* [MATERIAL TO PROCESS]:

★ ★ ★ ★ ★

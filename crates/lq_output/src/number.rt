ghost use Rattle.std.specs.Prelude.{◌≡◌, ◌++◌, OnErr, OnOk};
ghost use Rattle.std.specs.Fmt.{decimal, signed_decimal};
ghost use Rattle.lq_records.specs.Micros.{micro_text};

use itoa::Buffer;
use lq_records::{Memory, Micro};

/// Adds the digits of a number, after a `-` where it is below 0. It takes no memory but the text's;
/// where that runs out, nothing is added.
#[inline]
pub fn push_number(out: &mut Vec<u8>, number: i128) -> Result<(), Memory>
    ensures ok { OnOk result (out.new.items ≡ out.old.items ++ signed_decimal number) }
    ensures err { OnErr result (out.new.items ≡ out.old.items) }
{
    match u64::try_from(number) {
        Ok(number) => push_unsigned(out, number),
        Err(_) => push_wide(out, number),
    }
}

/// Adds the digits of a number that isn't below 0. Most numbers of a state have one digit alone,
/// which takes no buffer. Where memory runs out, nothing is added.
#[inline]
pub fn push_unsigned(out: &mut Vec<u8>, number: u64) -> Result<(), Memory>
    ensures ok { OnOk result (out.new.items ≡ out.old.items ++ decimal number) }
    ensures err { OnErr result (out.new.items ≡ out.old.items) }
{
    if number < 10 {
        Ok(out.push(b'0' + number as u8)?)
    } else {
        push_digits(out, number)
    }
}

#[inline(never)]
fn push_digits(out: &mut Vec<u8>, number: u64) -> Result<(), Memory>
    ensures ok { OnOk result (out.new.items ≡ out.old.items ++ decimal number) }
    ensures err { OnErr result (out.new.items ≡ out.old.items) }
{
    let mut digits = Buffer::new();
    out.extend_from_slice(digits.format(number).as_bytes())
}

#[inline(never)]
fn push_wide(out: &mut Vec<u8>, number: i128) -> Result<(), Memory>
    ensures ok { OnOk result (out.new.items ≡ out.old.items ++ signed_decimal number) }
    ensures err { OnErr result (out.new.items ≡ out.old.items) }
{
    let mut digits = Buffer::new();
    out.extend_from_slice(digits.format(number).as_bytes())
}

/// Adds the text of an average. It is rare, so that it may have a text of its own.
#[inline(never)]
pub fn push_micro(out: &mut Vec<u8>, micro: Micro) -> Result<(), Memory>
    ensures { OnOk result (out.new.items ≡ out.old.items ++ micro_text micro.millionths) }
{
    let text = micro.to_string(*out.allocator())?;
    out.extend_from_slice(text.as_bytes())
}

★ ★ ★ ★ ★

* [DESCRIPTION OF THE TASK]: Set down the listing again, exactly.

* [ANSWER BOX]:
filename crates/lq_output/src/number.rt
ghost use Rattle.std.specs.Prelude.{◌≡◌, ◌++◌, OnErr, OnOk};
ghost use Rattle.std.specs.Fmt.{decimal, signed_decimal};
ghost use Rattle.lq_records.specs.Micros.{micro_text};

use itoa::Buffer;
use lq_records::{Memory, Micro};

/// Adds the digits of a number, after a `-` where it is below 0. It takes no memory but the text's;
/// where that runs out, nothing is added.
#[inline]
pub fn push_number(out: &mut Vec<u8>, number: i128) -> Result<(), Memory>
    ensures ok { OnOk result (out.new.items ≡ out.old.items ++ signed_decimal number) }
    ensures err { OnErr result (out.new.items ≡ out.old.items) }
{
    match u64::try_from(number) {
        Ok(number) => push_unsigned(out, number),
        Err(_) => push_wide(out, number),
    }
}

/// Adds the digits of a number that isn't below 0. Most numbers of a state have one digit alone,
/// which takes no buffer. Where memory runs out, nothing is added.
#[inline]
pub fn push_unsigned(out: &mut Vec<u8>, number: u64) -> Result<(), Memory>
    ensures ok { OnOk result (out.new.items ≡ out.old.items ++ decimal number) }
    ensures err { OnErr result (out.new.items ≡ out.old.items) }
{
    if number < 10 {
        Ok(out.push(b'0' + number as u8)?)
    } else {
        push_digits(out, number)
    }
}

#[inline(never)]
fn push_digits(out: &mut Vec<u8>, number: u64) -> Result<(), Memory>
    ensures ok { OnOk result (out.new.items ≡ out.old.items ++ decimal number) }
    ensures err { OnErr result (out.new.items ≡ out.old.items) }
{
    let mut digits = Buffer::new();
    out.extend_from_slice(digits.format(number).as_bytes())
}

#[inline(never)]
fn push_wide(out: &mut Vec<u8>, number: i128) -> Result<(), Memory>
    ensures ok { OnOk result (out.new.items ≡ out.old.items ++ signed_decimal number) }
    ensures err { OnErr result (out.new.items ≡ out.old.items) }
{
    let mut digits = Buffer::new();
    out.extend_from_slice(digits.format(number).as_bytes())
}

/// Adds the text of an average. It is rare, so that it may have a text of its own.
#[inline(never)]
pub fn push_micro(out: &mut Vec<u8>, micro: Micro) -> Result<(), Memory>
    ensures { OnOk result (out.new.items ≡ out.old.items ++ micro_text micro.millionths) }
{
    let text = micro.to_string(*out.allocator())?;
    out.extend_from_slice(text.as_bytes())
}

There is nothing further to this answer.